- Theatrical release poster
- Directed by: Vishal Kumbhar
- Written by: Siddharth Salvi Vishal Kumbhar Apurva Patil
- Produced by: Praful Pasad
- Starring: Shrinivas Pokale Vinayak Potdar Sharib Hashmi Anjali Patil
- Cinematography: Ganesh Kamble
- Edited by: Akshay Kumar
- Music by: T. Satish Sarang Kulkarni
- Production company: V Motion Pictures
- Release date: 7 June 2024;
- Country: India
- Languages: Hindi Marathi

= Malhar (film) =

2024 Indian film

Malhar is an Indian bilingual drama film released in Hindi and Marathi languages directed by Vishal Kumbhar and starring Srinivas Pokale, Sharib Hashmi, Anjali Patil, Rishi Saxena, Vinayak Potdar, Mohammed Samad, and Akshata Acharya. This is produced by Praful Pasad.

== Cast ==
- Shrinivas Pokale as Bhairav
- Vinayak Potdar as Javed
- Sharib Hashmi as Mohan
- Anjali Patil as Kesar
- Rishi Saxena as Laxman
- Mohammad Samad as Jatin
- Akshata Acharya as Jasmin

== Plot ==
This collection of three interconnected stories takes place in the same village. In a remote, isolated community in Kutch, The story of this movie centers on the battle between two closest friends to have their broken hearing aid fixed. Jasmine, Javed's older sister, develops feelings for the Hindu man Jatin. The plot develops around their struggle to get together, how they leave the village to meet, their love, and the difficulties they encounter. Kesar, a recently married woman. The son of that village's sarpanch, Laxman, is her husband. She doesn't conceive after a few days of marriage, which is why her in-laws are always condemning her and how she escapes it.

==Release==
The film was theatrically released on 7 June 2024 in Marathi and Hindi languages.
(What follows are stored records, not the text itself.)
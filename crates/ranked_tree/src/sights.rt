//! What is read of the tree: by ranks to see what they would do next, by administrators to see why a step was refused.
//! No call takes memory.
ghost use Rattle.std.specs.Prelude.{◌≡◌};

use crate::ranked_tree::RankedTree;
use dentry_cache::Caches;
use mdcache::{PurgeList, StandingJobs};
use objstore::Store;

impl<S: Store + Drop> RankedTree<S> {
    /// The ranks' caches, to read.
    pub fn caches(&self) -> &Caches
        ensures { result.now ≡ self.now.tree.caches }
    {
        self.tree.caches()
    }

    /// The commits that were begun and not ended, to read.
    pub fn jobs(&self) -> &StandingJobs
        ensures { result.now.jobs ≡ self.now.tree.jobs }
    {
        self.tree.jobs()
    }

    /// The names of the objects that are to be removed, to read.
    pub fn purge_list(&self) -> &PurgeList
        ensures { result.now.names ≡ self.now.tree.purge }
    {
        self.tree.purge_list()
    }
}
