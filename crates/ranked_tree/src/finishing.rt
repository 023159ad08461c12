//! The end of an export: the importer, which holds the region, is its authority.
ghost use Rattle.std.specs.Prelude.{◌≡◌, Some};
ghost use Rattle.export_steps.specs.Standing.{Finishes};
ghost use Rattle.mdcache.specs.Core.{state_of};
ghost use Rattle.ranked_tree.specs.Ranked.{held_roots};
ghost use Rattle.ranked_tree.specs.Subtrees.{AreRoots, KeepsOutside};

use crate::ranked_tree::RankedTree;
use mds_types::{Frag, Ino, Refusal};
use objstore::Store;

impl<S: Store + Drop> RankedTree<S> {
    /// Finish: the importer of an imported region is its authority, and the export is over, so that the region thaws,
    /// as `Exports::finish` does and refuses. The tree stays, and so does which rank holds each region. Takes no
    /// memory.
    pub fn finish(&mut self, dir: Ino, frag: Frag) -> Result<(), Refusal>
        ensures finished { Finishes self.old.exports self.new.exports self.old.subtrees self.new.subtrees
            (dir, frag) result }
        ensures tree { self.new.tree ≡ self.old.tree }
        ensures holders { held_roots self.new ≡ held_roots self.old }
        ensures others { KeepsOutside (Some (dir, frag)) (state_of self.old.tree)
            (state_of self.new.tree) self.old.subtrees.roots self.new.subtrees.roots }
        ensures valid { AreRoots (state_of self.new.tree) self.new.subtrees.roots }
    {
        self.regions
            .exports
            .finish(&mut self.regions.roots, dir, frag)
    }
}
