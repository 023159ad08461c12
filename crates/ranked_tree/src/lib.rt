//! The tree with its subtrees: whose each leaf is (CephFS's subtree map), kept together with the directories and leaves
//! that it speaks of, and with the exports that stand (CephFS's Migrator). No change of the tree gives a leaf that
//! stays another authority or another holder. Each leaf is cached by the rank that holds it alone.
#![tactic(auto)]

mod authorities;
mod changing;
mod commits;
mod ending_jobs;
mod exporting;
mod finishing;
mod flushing;
mod formatting;
mod frags;
mod hints;
mod holding;
mod importing;
mod inside;
mod listing;
mod mounting;
mod ranked_tree;
mod reading;
mod regions;
mod regrouping;
mod sending;
mod sent_bytes;
mod sights;

pub use inside::leaf_inside;
pub use ranked_tree::RankedTree;
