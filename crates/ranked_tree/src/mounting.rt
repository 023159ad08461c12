//! A tree over a store as it is found, with its subtree roots.
ghost use Rattle.std.specs.Prelude.{◌≡◌, ◌+◌, ◌<◌, ◌≤◌, IfOk, IfErr};
ghost use Rattle.std.specs.FinMap as map;
ghost use Rattle.sorted_map.specs.SortedMap.{contents};
ghost use Rattle.mds_types.specs.Tree.{dentry_cmp};
ghost use Rattle.objstore.specs.Objects.{faults_in};
ghost use Rattle.mdcache.specs.Core.{shown_in};
ghost use Rattle.mdcache.specs.Mounted.{AreNumbers, IsColdTree, MayNotMount, Mounts};
ghost use Rattle.ranked_tree.specs.Mounted.{AreTopRoots};

use crate::ranked_tree::RankedTree;
use crate::regions::Regions;
use inode_table::Dirs;
use mdcache::{MdCache, Opening};
use mds_types::{Ino, Limit, Rank, Refusal};
use objstore::Store;
use std::alloc::{AllocError, Global};
use subtree_map::Subtrees;

impl<S: Store + Drop> RankedTree<S> {
    /// The tree over a store as it is found, as `MdCache::mount` makes and refuses it, with what that finds beside it.
    /// All leaves of the root directory are rank 0's, and nothing else is a root. Memory for the roots is linear in
    /// those leaves.
    pub fn mount(
        alloc: Global,
        store: S,
        ranks: u8,
        places: usize,
        limit: Limit,
    ) -> Result<(RankedTree<S>, Opening), (Refusal, S)>
        requires some { 0 < ranks }
        requires ranked { ranks ≤ 16 }
        requires few { 512 ≤ places }
        requires many { places ≤ 65536 }
        ensures mounted { IfOk result
            (λ m. Mounts limit (S.objects store) ranks places (contents dentry_cmp m.1.entries) m.0.tree) }
        ensures cold { IfOk result (λ m. IsColdTree (S.objects store) (shown_in m.0.tree)) }
        ensures opening { IfOk result (λ m. contents dentry_cmp m.1.entries ≡ shown_in m.0.tree) }
        ensures numbers { IfOk result (λ m. AreNumbers (shown_in m.0.tree) ranks m.1.numbers.items) }
        ensures roots { IfOk result (λ m. AreTopRoots m.0.tree.covers m.0.subtrees.roots) }
        ensures exports { IfOk result (λ m. m.0.exports ≡ map.empty) }
        ensures faults { IfOk result (λ m. m.0.tree.faults ≡ S.faults store) }
        ensures refused { IfErr result
            (λ back. MayNotMount (S.objects store) (S.faults store) (S.faults back.1) back.0) }
        ensures left { IfErr result (λ back. S.objects back.1 ≡ S.objects store) }
        ensures counted { IfErr result (λ back. S.faults back.1 ≡ S.faults store + faults_in back.0) }
    {
        match MdCache::mount(alloc, store, ranks, places, limit) {
            Err(back) => Err(back),
            Ok((tree, opening)) => match top_roots(alloc, ranks, tree.dirs()) {
                Ok(roots) => {
                    let regions = Regions::new(alloc, roots);
                    Ok((
                        RankedTree {
                            tree,
                            regions,
                            alloc,
                        },
                        opening,
                    ))
                }
                Err(_) => {
                    drop(opening);
                    Err((Refusal::NoMemory, tree.into_store()))
                }
            },
        }
    }

    /// The store, handed back; all else is dropped.
    pub fn into_store(self) -> S
        ensures objects { S.objects result ≡ self.tree.objects }
        ensures faults { S.faults result ≡ self.tree.faults }
    {
        let RankedTree {
            tree,
            regions,
            alloc: _,
        } = self;
        drop(regions);
        tree.into_store()
    }
}

// The leaves of the root directory as the subtree roots, rank 0's, in the lists of so many ranks.
fn top_roots(alloc: Global, ranks: u8, dirs: &Dirs) -> Result<Subtrees, AllocError>
    ensures { IfOk result (λ roots. AreTopRoots dirs.now.trees roots.roots) }
{
    let mut roots = Subtrees::new(alloc, ranks)?;
    if roots.reserve(dirs.leaf_count(Ino::ROOT)).is_err() {
        return Err(AllocError);
    }
    roots.fill(dirs, Ino::ROOT, Rank(0));
    Ok(roots)
}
Earlier, the film was scheduled to be released on 31 May 2024.

==Reception==
===Critical reception===
Dhaval Roy of The Times of India rated 3.5/5 and wrote "the film excels at balancing heartwarming moments with poignant realities, the pacing falters slightly in the second half. However this is a miner blip in an otherwise enriching journey that deserves to be experienced on the big screen. Abhilasha Rawat of Times Now rated 3.0/5 and wrote "Malhar is a film that deserves to be experienced on the big screen, offering a blend of heartfelt storytelling and social commentary that resonates long after the credits roll." Mahpara Kabir of ABP News wrote "'Malhar' intricately weaves together three interconnected storylines. Despite the complexity of narrating multiple tales within a single film, the director's adeptness shines through."